[[ DATA LISTING open ]]
//! The named types of a whole text, found before its items are read.
//!
//! A body is read from behind its own `= type`, under the knowledge of which names are types. It never passes an `=`, so no
//! token is read for two names.

ghost use Rattle.std.specs.Prelude.{◌≡◌, ◌<◌, length, map, option_map, All, Some, None, IfOk, OnOk, IfSome, if◌then◌else◌};
ghost use Rattle.std.specs.Map.{lookup};
ghost use Rattle.std.specs.Option.{option_or};
ghost use Rattle.pv_base.specs.declared.name.Name.{Name};
ghost use Rattle.ir_lex.specs.Lexing.{TokenIn};
ghost use Rattle.ir_tree.specs.Bounds.{IsLayout};
ghost use Rattle.ir_tree.specs.Filling.{AreBounded, NamedWithin, named_types};
ghost use Rattle.ir_tree.specs.Table.{Table, same_name};
ghost use Rattle.ir_tree.specs.Naming.{Grows, Shows, type_at};
ghost use Rattle.ir_text.specs.Tokens.{tokens_of};
ghost use Rattle.ir_text.specs.Named.{body_in, known_of};
ghost use Rattle.ir_text.specs.Types.{Known};
ghost use Rattle.ir_instr.specs.Defined.{AreTypes};
ghost use Rattle.ir_grammar.specs.Items.{named_body_at};
ghost use Rattle.ir_grammar.specs.NamedTypes as spec;
ghost use Rattle.ir_reader.specs.Knowing.{definition_at, read_bodies, fault_in, shown_defined, IsDefined, named_type, with_type, first_types, entry_of};

use crate::global::named_body;
use ir_instr::defined::Defined;
use ir_lex::token::{Token, TokenKind};
use ir_text::cursor::Cursor;
use ir_text::fault::{Fault, ReadEnd};
use ir_text::leaves::{is_mark, is_word};
use ir_text::named::{NamedBody, NamedTypes};
use ir_tree::items::NamedType;
use ir_tree::layouts::Layouts;
use ir_tree::nodes::{NameId, TypeId};
use ir_tree::table::Names;
use pv_base::list::List;
use pv_base::name::Name;
use pv_base::want::Memory;
use std::alloc::Global;

/// Passes over `%name = type`, if it comes next, and answers the name.
#[tactic(auto, unfolding(crate::specs::Knowing::definition_at))]
fn defined_name(cursor: &mut Cursor<'_>) -> Result<Option<Name>, Memory>
    ensures { IfOk result (λ name. option_map (λ n. (n, cursor.new)) name ≡ definition_at cursor.old) }
{
    let Some(name) = cursor.next() else {
        return Ok(None);
    };
    match name.kind() {
        TokenKind::LocalName => {}
        _ => return Ok(None),
    }
    let Some(equals) = cursor.next() else {
        return Ok(None);
    };
    let Some(word) = cursor.next() else {
        return Ok(None);
    };
    if is_mark(&equals, b'=') && is_word(&word, b"type") {
        return Ok(Some(name.name(cursor.alloc())?));
    }
    Ok(None)
}

/// Says what the text says of a name, unless something was said of it before.
fn insert_first(known: &mut NamedTypes, name: Name, body: NamedBody) -> Result<(), Memory>
    requires { IfSome body.layout IsLayout }
    ensures { OnOk result ((q : Name) → body_in known.new q ≡ option_or (body_in known.old q) (if same_name q name then Some body else None)) }
{
    if known.body(&name).is_some() {
        return Ok(());
    }
    known.insert(name, body)
}

/// The names that a text defines as types, each without its body.
fn names_only(alloc: Global, text: &[u8], tokens: &[Token]) -> Result<NamedTypes, Memory>
    requires { All (TokenIn text.now) tokens.now }
    ensures { IfOk result (λ k. (later : Table) → known_of later k ≡ spec.named_only (spec.definitions (tokens_of text.now tokens.now))) }
{
    let mut known = NamedTypes::new(alloc);
    let unread = NamedBody {
        of: None,
        layout: None,
    };
    let mut rest = tokens;
    while let [_, tail @ ..] = rest {
        let mut cursor = Cursor::new(alloc, text, rest);
        match defined_name(&mut cursor)? {
            Some(name) => insert_first(&mut known, name, unread)?,
            None => {}
        }
        rest = tail;
    }
    Ok(known)
}

/// Reads the body of a named type, and answers none where there is a fault in it.
fn body_unless_faulty(
    cursor: &mut Cursor<'_>,
    names: &mut Names,
    known: &NamedTypes,
) -> Result<Option<TypeId>, Memory>
    ensures body { IfOk result (λ of. (later : Table) → Grows names.new later → option_map (type_at later) of ≡ spec.unless_faulty (named_body_at (known_of later known.now) cursor.old)) }
    ensures within { IfOk result (λ of. IfSome of (λ k. k < length names.new.types)) }
    ensures grows { Grows names.old names.new }
{
    match named_body(cursor, names, known) {
        Ok(of) => Ok(Some(of)),
        Err(ReadEnd::Bad(_)) => Ok(None),
        Err(ReadEnd::Memory) => Err(Memory),
    }
}

/// The type whose bytes a named type takes: its body, or one of no bytes where there is a fault in it.
fn laid_body(alloc: Global, names: &mut Names, of: Option<TypeId>) -> Result<TypeId, Memory>
    requires { IfSome of (λ k. k < length names.old.types) }
    ensures shows { IfOk result (λ k. Shows names.new k (λ later. spec.laid_body (option_map (type_at later) of))) }
    ensures grows { Grows names.old names.new }
{
    match of {
        Some(of) => Ok(of),
        None => names.structure(true, List::new(alloc)),
    }
}

/// A type that a text defines: its name, its body unless there is a fault in it, the type whose bytes it takes, and the type
/// that is the name.
#[derive(Clone, Copy)]
pub struct DefinedType {
    pub name: NameId,
    pub of: Option<TypeId>,
    pub laid: TypeId,
    pub named: TypeId,
}

/// Reads the body of a type of this name.
fn defined_type(
    cursor: &mut Cursor<'_>,
    names: &mut Names,
    known: &NamedTypes,
    name: Name,
) -> Result<DefinedType, Memory>
    ensures is { IfOk result (IsDefined names.new) }
    ensures shows { IfOk result (λ d. (later : Table) → Grows names.new later → shown_defined later d ≡ (name, spec.unless_faulty (named_body_at (known_of later known.now) cursor.old))) }
    ensures grows { Grows names.old names.new }
{
    let name = names.number(name)?;
    let of = body_unless_faulty(cursor, names, known)?;
    let laid = laid_body(cursor.alloc(), names, of)?;
    let named = names.named(name)?;
    Ok(DefinedType {
        name,
        of,
        laid,
        named,
    })
}

/// Reads the bodies of all types that a text defines, in text order.
fn defined_types(
    alloc: Global,
    text: &[u8],
    tokens: &[Token],
    names: &mut Names,
    known: &NamedTypes,
) -> Result<List<DefinedType>, Memory>
    requires { All (TokenIn text.now) tokens.now }
    ensures are { IfOk result (All (IsDefined names.new)) }
    ensures shows { IfOk result (λ all. (later : Table) → Grows names.new later → map (shown_defined later) all ≡ read_bodies (known_of later known.now) (spec.definitions (tokens_of text.now tokens.now))) }
    ensures grows { Grows names.old names.new }
{
    let mut found = List::new(alloc);
    let mut rest = tokens;
    while let [_, tail @ ..] = rest {
        let mut cursor = Cursor::new(alloc, text, rest);
        match defined_name(&mut cursor)? {
            Some(name) => {
                let read = defined_type(&mut cursor, names, known, name)?;
                found.push(read)?;
            }
            None => {}
        }
        rest = tail;
    }
    Ok(found)
}

/// Adds the type that is laid out for one, unless one of its name stands among those so far, whose names are these.
fn add_type(
    types: &mut List<NamedType>,
    seen: &mut Defined,
    defined: DefinedType,
) -> Result<(), Memory>
    requires { seen.old ≡ map (λ t. t.name) types.old }
    ensures adds { OnOk result (types.new ≡ with_type types.old (named_type defined)) }
    ensures names { OnOk result (seen.new ≡ map (λ t. t.name) types.new) }
{
    if seen.contains(defined.name) {
        return Ok(());
    }
    types.push(NamedType {
        name: defined.name,
        of: defined.laid,
    })?;
    seen.push(defined.name)?;
    Ok(())
}

/// The types as the layouts take them, of each name the first.
fn named_types(alloc: Global, all: &[DefinedType]) -> Result<List<NamedType>, Memory>
    ensures { IfOk result (λ types. types ≡ first_types all.now) }
{
    let mut types = List::new(alloc);
    let mut seen = Defined::new(alloc);
    for defined in all {
        add_type(&mut types, &mut seen, *defined)?;
    }
    Ok(types)
}

/// Says what the text says of one name.
fn insert_defined(
    known: &mut NamedTypes,
    names: &Names,
    layouts: &Layouts,
    defined: DefinedType,
) -> Result<(), Memory>
    requires bounded { AreBounded layouts.now.layouts }
    requires is { IsDefined names.now defined }
    ensures { OnOk result ((q : Name) → body_in known.new q ≡ option_or (body_in known.old q) (if same_name q (entry_of names.now layouts.now.layouts defined).0 then Some (entry_of names.now layouts.now.layouts defined).1 else None)) }
{
    let body = NamedBody {
        of: defined.of,
        layout: layouts.of(defined.named),
    };
    match names.name(defined.name) {
        Some(name) => insert_first(known, name.copy()?, body),
        None => Ok(()),
    }
}

/// What the text says of all names, where the first of two types of one name counts.
fn with_layouts(
    alloc: Global,
    names: &Names,
    layouts: &Layouts,
    all: &[DefinedType],
) -> Result<NamedTypes, Memory>
    requires bounded { AreBounded layouts.now.layouts }
    requires are { All (IsDefined names.now) all.now }
    ensures { IfOk result (λ k. (q : Name) → body_in k q ≡ lookup (same_name q) (map (entry_of names.now layouts.now.layouts) all.now)) }
{
    let mut known = NamedTypes::new(alloc);
    for defined in all {
        insert_defined(&mut known, names, layouts, *defined)?;
    }
    Ok(known)
}

/// The first fault in the body of a type that a text defines.
pub fn body_fault(
    alloc: Global,
    text: &[u8],
    tokens: &[Token],
    known: &NamedTypes,
) -> Result<Option<Fault>, Memory>
    requires { All (TokenIn text.now) tokens.now }
    ensures { (all : Known) → ((later : Table) → known_of later known.now ≡ all) → IfOk result (λ fault. fault ≡ fault_in (spec.bodies_read all (spec.definitions (tokens_of text.now tokens.now)))) }
{
    let mut names = Names::new(alloc);
    let mut rest = tokens;
    while let [_, tail @ ..] = rest {
        let mut cursor = Cursor::new(alloc, text, rest);
        match defined_name(&mut cursor)? {
            Some(_) => match named_body(&mut cursor, &mut names, known) {
                Ok(_) => {}
                Err(ReadEnd::Bad(fault)) => return Ok(Some(fault)),
                Err(ReadEnd::Memory) => return Err(Memory),
            },
            None => {}
        }
        rest = tail;
    }
    Ok(None)
}

/// What a text says of its named types, what the names alone say, and the types themselves.
#[derive(Drop)]
pub struct TextTypes {
    pub known: NamedTypes,
    pub only: NamedTypes,
    pub types: List<NamedType>,
}

/// Finds what a text says of its named types, in time linear in the text. Only `Memory` ends it: where there is a fault in a
/// body, the name is known without one.
pub fn known_in(
    alloc: Global,
    text: &[u8],
    tokens: &[Token],
    names: &mut Names,
) -> Result<TextTypes, Memory>
    requires { All (TokenIn text.now) tokens.now }
    ensures known { IfOk result (λ k. (later : Table) → Grows names.new later → known_of later k.known ≡ spec.known_in (tokens_of text.now tokens.now)) }
    ensures only { IfOk result (λ k. (later : Table) → known_of later k.only ≡ spec.named_only (spec.definitions (tokens_of text.now tokens.now))) }
    ensures types { IfOk result (λ k. (later : Table) → Grows names.new later → named_types later k.types ≡ spec.types_in (tokens_of text.now tokens.now)) }
    ensures bodies { IfOk result (λ k. AreTypes names.new k.known) }
    ensures within { IfOk result (λ k. All (NamedWithin names.new) k.types) }
    ensures grows { Grows names.old names.new }
{
    let only = names_only(alloc, text, tokens)?;
    let all = defined_types(alloc, text, tokens, names, &only)?;
    let types = named_types(alloc, all.as_slice())?;
    names.is_table();
    let layouts = Layouts::new(alloc, names, types.as_slice())?;
    let known = with_layouts(alloc, names, &layouts, all.as_slice())?;
    Ok(TextTypes { known, only, types })
}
[[ DATA LISTING closed ]]
- WORK TO BE COMPLETED
Could you set down, exactly as written, the lines above between the one holding "use crate::global::named_body;" and the one holding "use std::alloc::Global;", inclusive, and nothing more?

- ANSWER TO THE PROBLEM
use crate::global::named_body;
use ir_instr::defined::Defined;
use ir_lex::token::{Token, TokenKind};
use ir_text::cursor::Cursor;
use ir_text::fault::{Fault, ReadEnd};
use ir_text::leaves::{is_mark, is_word};
use ir_text::named::{NamedBody, NamedTypes};
use ir_tree::items::NamedType;
use ir_tree::layouts::Layouts;
use ir_tree::nodes::{NameId, TypeId};
use ir_tree::table::Names;
use pv_base::list::List;
use pv_base::name::Name;
use pv_base::want::Memory;
use std::alloc::Global;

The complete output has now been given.